▶ **Records drawn from a dataset**
☆ ☆ ☆ ☆
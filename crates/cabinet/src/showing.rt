//! The text of the document that an archive holds.
ghost use Rattle.std.specs.Prelude.{◌-◌, ◌^◌, ◌<◌, IfOk, IfErr};
ghost use Rattle.cabinet_documents.specs.Accepted.{Accepted};
ghost use Rattle.cabinet_documents.specs.Audit.{IsRefusedFor};
ghost use Rattle.cabinet_archives.specs.Refused.{refusal_of};
ghost use Rattle.cabinet.specs.Calls.{WritesDocument};

use archive_shape_layout::{Error, Writer};
use cabinet_archives::{OpenRefusal, check, load};
use cabinet_text_nodes::{Document, write_text};
use std::alloc::Global;

/// Returns the document that the bytes are the archive of.
pub(crate) fn document_of(alloc: Global, archive: &[u8]) -> Result<Document, OpenRefusal>
    ensures document { IfOk result (λ document. Accepted archive.now document) }
    ensures refused { IfErr result (λ refusal. IsRefusedFor archive.now (refusal_of refusal)) }
{
    check(alloc, archive)?;
    match load(alloc, archive) {
        Ok(document) => Ok(document),
        Err(_) => Err(OpenRefusal::OutOfMemory),
    }
}

/// Writes the text of the document that the bytes are the archive of. Of bytes that are refused nothing is written.
pub fn write_document<W: Writer>(
    alloc: Global,
    archive: &[u8],
    writer: &mut W,
) -> Result<Result<(), Error>, OpenRefusal>
    requires { W.failures writer.old < 2 ^ 64 - 1 }
    ensures { WritesDocument W.Writer archive.now writer.old writer.new result }
{
    let document = document_of(alloc, archive)?;
    Ok(write_text(&document, writer))
}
☆ ☆ ☆ ☆
▶ **Requirement**
From the data above, output every line exactly.

▶ **Answer box**
filename crates/cabinet/src/showing.rt
//! The text of the document that an archive holds.
ghost use Rattle.std.specs.Prelude.{◌-◌, ◌^◌, ◌<◌, IfOk, IfErr};
ghost use Rattle.cabinet_documents.specs.Accepted.{Accepted};
ghost use Rattle.cabinet_documents.specs.Audit.{IsRefusedFor};
ghost use Rattle.cabinet_archives.specs.Refused.{refusal_of};
ghost use Rattle.cabinet.specs.Calls.{WritesDocument};

use archive_shape_layout::{Error, Writer};
use cabinet_archives::{OpenRefusal, check, load};
use cabinet_text_nodes::{Document, write_text};
use std::alloc::Global;

/// Returns the document that the bytes are the archive of.
pub(crate) fn document_of(alloc: Global, archive: &[u8]) -> Result<Document, OpenRefusal>
    ensures document { IfOk result (λ document. Accepted archive.now document) }
    ensures refused { IfErr result (λ refusal. IsRefusedFor archive.now (refusal_of refusal)) }
{
    check(alloc, archive)?;
    match load(alloc, archive) {
        Ok(document) => Ok(document),
        Err(_) => Err(OpenRefusal::OutOfMemory),
    }
}

/// Writes the text of the document that the bytes are the archive of. Of bytes that are refused nothing is written.
pub fn write_document<W: Writer>(
    alloc: Global,
    archive: &[u8],
    writer: &mut W,
) -> Result<Result<(), Error>, OpenRefusal>
    requires { W.failures writer.old < 2 ^ 64 - 1 }
    ensures { WritesDocument W.Writer archive.now writer.old writer.new result }
{
    let document = document_of(alloc, archive)?;
    Ok(write_text(&document, writer))
}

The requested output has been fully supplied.